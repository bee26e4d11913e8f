//! The lines of elements above the classes, by which it is seen at once that a type is above another.

ghost use Rattle.std.specs.Prelude.{◌≡◌, ℕ, true, [], map, Some, IfSome, slice_get, slice_index_or};
ghost use Rattle.cil_model.specs.declared.trees.Tree.{Tree};
ghost use Rattle.cil_model.specs.TypeTree.{IsBelow};
ghost use Rattle.cil_model.specs.TypeTree as OnStack;
ghost use Rattle.resolved_code.specs.declared.types.ResolvedElement.TheVariants.{Class, String};
ghost use Rattle.flow_rules.specs.StackTypes.{type_named};
ghost use Rattle.flow_rules.specs.Merging.{IsUp, AreLines};

use cil_model::trees::Tree;
use resolved_code::types::{ResolvedElement, ResolvedType};
use std::alloc::Global;

/// Of some classes of a program the elements from the class's on, each above the one before it.
#[derive(Drop)]
pub(crate) struct Lines<'a> {
    pub tree: &'a Tree,
    rows: Vec<Vec<ResolvedElement>>,
    ghost rows_are: { AreLines tree.now (map (λ row. row.items) rows.items) },
}

fn is_same_element(one: ResolvedElement, other: ResolvedElement) -> bool
    ensures { result ≡ true → one ≡ other }
{
    one == other
}

/// The element at an index of the line of `string`, which has `object` above it.
fn up_from_string(index: usize) -> Option<ResolvedElement>
    ensures { (tree : Tree) → IfSome result (λ above. IsUp tree String index above) }
{
    match index {
        0 => Some(ResolvedElement::String),
        1 => Some(ResolvedElement::Object),
        _ => None,
    }
}

impl<'a> Lines<'a> {
    /// No line.
    pub fn none(tree: &'a Tree, alloc: Global) -> Self
        ensures { result.tree.now ≡ tree.now }
    {
        Lines {
            tree,
            rows: Vec::new(alloc),
        }
    }

    /// These lines.
    pub fn of(tree: &'a Tree, rows: Vec<Vec<ResolvedElement>>) -> Self
        requires { AreLines tree.now (map (λ row. row.items) rows.items) }
        ensures { result.tree.now ≡ tree.now }
    {
        Lines { tree, rows }
    }

    /// The elements from a class's on; none where they are not known.
    fn line(&self, class: usize) -> &[ResolvedElement]
        ensures { result.now ≡ slice_index_or (map (λ row. row.items) self.now.rows.items) class [] }
    {
        match self.rows.get(class) {
            None => &[],
            Some(line) => line.as_slice(),
        }
    }

    /// How long the line of an element is, with the element itself. Its contract says nothing: the element at the index that it leads to is tested.
    pub fn length_from(&self, element: ResolvedElement) -> usize {
        match element {
            ResolvedElement::Class(class) => self.line(class).len(),
            ResolvedElement::String => 2,
            ResolvedElement::Object | ResolvedElement::Int32 | ResolvedElement::Int64 => 1,
        }
    }

    /// How many types there are from one on to its top. Its contract says nothing: the type that it leads to is tested.
    pub fn height(&self, t: ResolvedType) -> usize {
        (t.brackets as usize).saturating_add(self.length_from(t.element))
    }

    /// The element at an index of the line of a class.
    fn up_from_class(&self, class: usize, index: usize) -> Option<ResolvedElement>
        ensures { IfSome result (λ above. IsUp self.now.tree.now (Class class) index above) }
    {
        match self.line(class).get(index) {
            None => None,
            Some(above) => Some(*above),
        }
    }

    /// The element at an index of the line of another.
    pub fn up(&self, element: ResolvedElement, index: usize) -> Option<ResolvedElement>
        ensures { IfSome result (λ above. IsUp self.now.tree.now element index above) }
    {
        match element {
            ResolvedElement::Class(class) => self.up_from_class(class, index),
            ResolvedElement::String => up_from_string(index),
            ResolvedElement::Object | ResolvedElement::Int32 | ResolvedElement::Int64 => {
                if index == 0 { Some(element) } else { None }
            }
        }
    }

    /// Whether an element is at an index of the line of a class.
    fn is_up(&self, class: usize, index: usize, required: ResolvedElement) -> bool
        ensures { result ≡ true → IsUp self.now.tree.now (Class class) index required }
    {
        match self.up_from_class(class, index) {
            None => false,
            Some(above) => is_same_element(above, required),
        }
    }

    /// Whether an element is in the line of a class.
    fn is_element_above(&self, above: ResolvedElement, class: usize) -> bool
        ensures { result ≡ true → (index : ℕ) × IsUp self.now.tree.now (Class class) index above }
    {
        let own = self.line(class).len();
        self.is_up(class, own.saturating_sub(self.length_from(above)), above)
    }

    /// Whether a type is seen to be above another: with the same number of brackets in the line of a class, or `object` with fewer brackets.
    pub fn is_above(&self, above: ResolvedType, below: ResolvedType) -> bool
        ensures { result ≡ true → IsBelow self.now.tree.now (OnStack.Declared (type_named self.now.tree.now below)) (OnStack.Declared (type_named self.now.tree.now above)) }
    {
        let ResolvedElement::Class(class) = below.element else {
            return false;
        };
        if !self.is_element_above(above.element, class) {
            return false;
        }
        if above.brackets == below.brackets {
            return true;
        }
        if above.brackets > below.brackets {
            return false;
        }
        is_same_element(above.element, ResolvedElement::Object)
    }
}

### ASSIGNMENT
Going back over the entries above, copy word for word every line from the one that has "element is at" on through the one that has "in the line of a class.".

### YOUR SOLUTION
    /// Whether an element is at an index of the line of a class.
    fn is_up(&self, class: usize, index: usize, required: ResolvedElement) -> bool
        ensures { result ≡ true → IsUp self.now.tree.now (Class class) index required }
    {
        match self.up_from_class(class, index) {
            None => false,
            Some(above) => is_same_element(above, required),
        }
    }

    /// Whether an element is in the line of a class.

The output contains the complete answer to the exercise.